My lungs finally give up the last little bits of air and I pop up into the night, just far enough to suck in a couple more deep breaths. Around me, the roar of the water sounds muffled. My ears are still throbbing from the sound of the gun going off.
With a start, I realize the gun is weighing down the side pocket of my cargo pants. I don’t even remember putting it away. Hopefully, I won’t need it. Pretty sure guns aren’t made for swimming.
I let the current carry me to the opposite bank, where I hide in a tall patch of reeds and try to figure out what to do next. McGhee and Gonzalez will either call for backup from a police department around here or set up some kind of river blockade downstream. I’m not sure if I should get out of the water or use the current to float even farther away. I wish Parvati were with me. She’d know. She’d quote some military escape manual. But Parvati is gone. Unreachable. The phone she left me is back at the cabin. I still have my own phone, but even if by some miracle it works after it dries out, calling her on it isn’t safe.
That gives me an idea. I reach my hand below the surface of the murky water and pull my phone out of my hoodie pocket. The screen stays dark when I try to turn it on, but I throw it as hard as I can up onto the riverbank. Maybe it’ll buy me some extra time if it dries out and someone decides to track me by GPSing it.
I take in another big breath of air and let the water carry me farther downstream. Think, Max. Nine years ago, I was the survival expert, not Parvati. There were some seriously bad p
eople trolling the streets and beaches where I lived, and avoiding their psychotic wrath took mad skills. Have I gotten soft since the Cantrells adopted me?
A patch of rapids appears out of nowhere and I adjust my body so that I’m heading into the whitewater feet first to protect my head. The river curves to the left and then back to the right. An owl, or maybe a bat, soars across my field of vision.

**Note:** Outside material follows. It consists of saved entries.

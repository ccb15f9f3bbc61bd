//! Texts in memory: what the calls of this crate say where all bytes are known. Each function is an
//! example of one call.

ghost use Rattle.std.specs.Prelude.{◌≡◌, ◌≤◌, ℕ, List, [], ◌∷◌, ◌++◌, length, take, map, IfOk};
ghost use Rattle.std.specs.Prelude.{MatchResult, MatchOption, true};
ghost use Rattle.pgn_text.specs.Public.Blocks.{AreBlocks};
ghost use Rattle.pgn_text.specs.Public.Left.{IsPiece};
ghost use Rattle.pgn_text.specs.Public.LeftMarks.{IsMark};
ghost use Rattle.pgn_text.specs.Public.Limits.{depth_limit};
ghost use Rattle.pgn_text.specs.Public.Pieces.{ArePieces};
ghost use Rattle.pgn_text.specs.Public.Pieces as spec;
ghost use Rattle.pgn_text.specs.Public.Stops.{IsErrorPosition};
ghost use Rattle.pgn_text.specs.Public.Windows.{Shows};

use crate::error::error_position::error_position_of;
use crate::game::pieces::start::{games, marks};
use crate::game::pieces::{Piece, PieceStart};
use crate::io::blocks::{Blocks, Body, ReadError};
use crate::io::tally::Tally;
use std::alloc::{AllocError, Global};
use std::io;

/// How many bytes the body of a block stands for.
fn size_of(body: Body<'_>) -> u64
    ensures { (limit : ℕ) (bytes : List ℕ) → Shows limit body.entry bytes → result ≡ length bytes }
{
    match body {
        Body::Bytes(bytes) => bytes.len() as u64,
        Body::TooLong(size) => size,
    }
}

/// How many bytes each block of the text has.
pub fn block_sizes(alloc: Global, text: &[u8]) -> Result<Vec<u64>, ReadError>
    ensures { IfOk result (λ sizes. (blocks : List (List ℕ)) × AreBlocks blocks text.now
        × (sizes.items ≡ map length blocks)) }
{
    let mut input = Tally::new(text);
    let mut blocks = Blocks::new(alloc, 0);
    let mut sizes = Vec::new(alloc);
    loop {
        match blocks.next(&mut input) {
            Ok(Some(block)) => {
                let size = size_of(block.body);
                match sizes.push(size) {
                    Ok(()) => {}
                    Err(_) => return Err(ReadError::OutOfMemory),
                }
            }
            Ok(None) => return Ok(sizes),
            Err(error) => return Err(error),
        }
    }
}

/// Reads bytes from the front of those that are left.
pub fn read_front(input: &mut Tally<&[u8]>, buf: &mut [u8]) -> io::Result<usize>
    ensures { MatchResult result
        (λ count. input.old.inner.now ≡ take count buf.new ++ input.new.inner.now)
        (λ error. input.new.inner.now ≡ input.old.inner.now) }
{
    input.read(buf)
}

/// Passes over bytes at the front of those that are left.
pub fn skip_front(input: &mut Tally<&[u8]>, most: u64) -> io::Result<u64>
    ensures passed { MatchResult result
        (λ count. (front : List ℕ) × (input.old.inner.now ≡ front ++ input.new.inner.now)
        × (length front ≡ count))
        (λ error. input.new.inner.now ≡ input.old.inner.now) }
    ensures bound { IfOk result (λ count. count ≤ most) }
{
    input.skip(most)
}

/// Writes bytes after those that were written.
pub fn write_after(out: &mut Tally<Vec<u8>>, text: &[u8]) -> io::Result<usize>
    ensures { MatchResult result
        (λ count. out.new.inner.items ≡ out.old.inner.items ++ take count text.now)
        (λ error. out.new.inner.items ≡ out.old.inner.items) }
{
    out.write(text)
}

/// Flushes what was written, which stays.
pub fn flush_written(out: &mut Tally<Vec<u8>>) -> io::Result<()>
    ensures { out.new.inner.items ≡ out.old.inner.items }
{
    out.flush()
}

/// The first piece of a block, if it has one.
pub fn first_piece<'a>(
    alloc: Global,
    block: &'a [u8],
    file_start: bool,
) -> Result<Option<Piece<'a>>, AllocError>
    ensures { IfOk result (λ first. (pieces : List spec.Piece)
        × ArePieces depth_limit file_start [] pieces block.now
        × MatchOption first (pieces ≡ []) (λ piece. (shown : spec.Piece) × (more : List spec.Piece)
        × (pieces ≡ shown ∷ more) × IsPiece piece shown)) }
{
    let mut pieces = games(alloc, block, file_start);
    match pieces.next() {
        None => Ok(None),
        Some(Ok(piece)) => Ok(Some(piece)),
        Some(Err(error)) => Err(error),
    }
}

/// Where the first piece of a block begins, and what it is, if it has one.
pub fn first_mark(block: &[u8], file_start: bool) -> Option<PieceStart>
    ensures { (pieces : List spec.Piece) × ArePieces depth_limit file_start [] pieces block.now
        × MatchOption result (pieces ≡ []) (λ mark. (shown : spec.Piece) × (more : List spec.Piece)
        × (pieces ≡ shown ∷ more) × IsMark mark shown) }
{
    marks(block, file_start).next()
}

/// Where the text of a file stops agreeing with games.
pub fn first_stop(text: &[u8]) -> usize
    ensures { IsErrorPosition depth_limit true text.now 0 result }
{
    error_position_of(text, 0, true)
}
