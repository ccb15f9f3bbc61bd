//! A ply in three bytes.
ghost use Rattle.std.specs.Prelude.{◌≡◌, ◌<◌, IsTrue, Some, List, ℕ};
ghost use Rattle.chess.specs.Public.Squares.{index_of};
ghost use Rattle.chess.specs.Public.Moves.{after, arriving, is_pawn, is_en_passant, capture_square};
ghost use Rattle.chess.specs.Public.Moves.{HasMove, IsPseudoLegal};
ghost use Rattle.pgn_game.specs.Public.PlyCodes.{PlyCode, AreMarks, IsCode, code_bytes};
ghost use Rattle.pgn_game.specs.Public.PlyCodes.{marks_number, castle_number, man_number};

use crate::turns::replayed::GamePosition;
use chess::{Kind, Man, Move, Side, Square, Wing};

/// What is marked at a position: whether the side to move is in check, and whether it has no legal
/// move.
#[derive(Clone, Copy)]
pub(crate) struct Marks {
    pub(crate) check: bool,
    pub(crate) stuck: bool,
}

impl Marks {
    /// The marks of the position. Where a move is known to follow, no legal move is looked for.
    pub(crate) fn of(position: &GamePosition, goes_on: bool) -> Self
        ensures { (IsTrue goes_on → HasMove position.now)
            → AreMarks position.now result.check result.stuck }
    {
        Marks {
            check: position.in_check(),
            stuck: !goes_on && !position.has_move(),
        }
    }

    /// The marks as a number.
    pub(crate) fn number(self) -> u8
        ensures number { result ≡ marks_number self.check self.stuck }
        ensures below { result < 4 }
    {
        u8::from(self.check) + 2 * u8::from(self.stuck)
    }
}

/// The place of the square in the order a1, b1 to h1, a2 and so on.
fn index(square: Square) -> u8
    ensures place { result ≡ index_of square }
    ensures below { result < 64 }
{
    8 * (square.rank() - 1) + (square.file() - 1)
}

/// The number of a king that castles.
fn castle_number(side: Side, wing: Wing) -> u8
    ensures number { result ≡ castle_number side wing }
    ensures below { result < 16 }
{
    match (side, wing) {
        (Side::White, Wing::KingSide) => 12,
        (Side::White, Wing::QueenSide) => 13,
        (Side::Black, Wing::KingSide) => 14,
        (Side::Black, Wing::QueenSide) => 15,
    }
}

/// The number of a man that arrives.
fn man_number(man: Man, castle: Option<Wing>) -> u8
    ensures number { result ≡ man_number man castle }
    ensures below { result < 16 }
{
    if let Some(wing) = castle {
        return castle_number(man.side, wing);
    }
    let side = match man.side {
        Side::White => 0,
        Side::Black => 6,
    };
    let kind = match man.kind {
        Kind::King => 0,
        Kind::Queen => 1,
        Kind::Rook => 2,
        Kind::Bishop => 3,
        Kind::Knight => 4,
        Kind::Pawn => 5,
    };
    side + kind
}

/// The man that arrives.
fn arriving_man(position: &GamePosition, m: &Move) -> Man
    requires { IsPseudoLegal position.now m.now }
    ensures { arriving position.now m.now.promote m.now.from ≡ Some result }
{
    if let Some(kind) = m.promote {
        return Man {
            side: position.side(),
            kind,
        };
    }
    match position.at(m.from) {
        Some(man) => man,
        None => unreachable!(),
    }
}

/// Whether that is a pawn.
pub(crate) fn is_pawn(man: Option<Man>) -> bool
    ensures { result ≡ is_pawn man }
{
    match man {
        Some(man) => man.kind == Kind::Pawn,
        None => false,
    }
}

/// Whether the move is a capture en passant: a pawn goes to another file, where no man stands.
fn is_en_passant(position: &GamePosition, m: &Move) -> bool
    requires { IsPseudoLegal position.now m.now }
    ensures { result ≡ is_en_passant position.now m.now }
{
    if m.from.file() == m.to.file() || position.en_passant() != Some(m.to) {
        return false;
    }
    is_pawn(position.at(m.from))
}

/// The square of the man that is taken, if one is.
fn capture_square(position: &GamePosition, m: &Move) -> Square
    requires { IsPseudoLegal position.now m.now }
    ensures { result ≡ capture_square position.now m.now }
{
    if is_en_passant(position, m) {
        return Square::of_index(8 * (m.from.rank() - 1) + (m.to.file() - 1));
    }
    m.to
}

/// The three bytes of a move, with these marks of the position after it.
pub(crate) fn coded_move(position: &GamePosition, m: &Move, marks: Marks) -> [u8; 3]
    requires { IsPseudoLegal position.now m.now }
    ensures { (c : PlyCode)
        × (AreMarks (after position.now m.now) marks.check marks.stuck
        → IsCode position.now m.now c)
        × (result ≡ code_bytes c) }
{
    let man = man_number(arriving_man(position, m), m.castle);
    [
        index(m.from) + 64 * marks.number(),
        index(m.to) + 64 * (man % 4),
        index(capture_square(position, m)) + 64 * (man / 4),
    ]
}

I glance up at the sky. It’s black, just like the water. I have no idea what time it is. I think I finally fell asleep around ten thirty, and it seemed like at least an hour passed before McGhee and Gonzalez found me, so now it’s probably somewhere around one in the morning. I’m hoping the feds got distracted by Preston’s phone and hard drive—the thought of them finding those sex clips almost makes me want to drown myself—before they started looking for me. But either way, they won’t stop until they find me. I need to either ride the river far enough away from the cabin that I won’t get caught in a manhunt, or get out of the water and try to hide in plain sight.
I decide to take my chances in the river for a while. It’s cold, but I feel safer in the water. And I’ll be able to see anyone coming before they get close.
My wallet is still in the back pocket of my cargo pants. Thanks to Liars, Inc. I should have enough soggy cash to buy another prepaid phone and some food. All I have to do is eventually find a safe place to get out of the river and make myself into someone other than Max Cantrell. How hard can it be?
I stay in the water for what feels like hours, curling my body into the fetal position to maximize warmth. In a couple places, the river is so shallow that I have to slither along on my elbows and knees to stay hidden beneath the surface. Soft sticky mud clings to my hands and coats the fabric of my pants.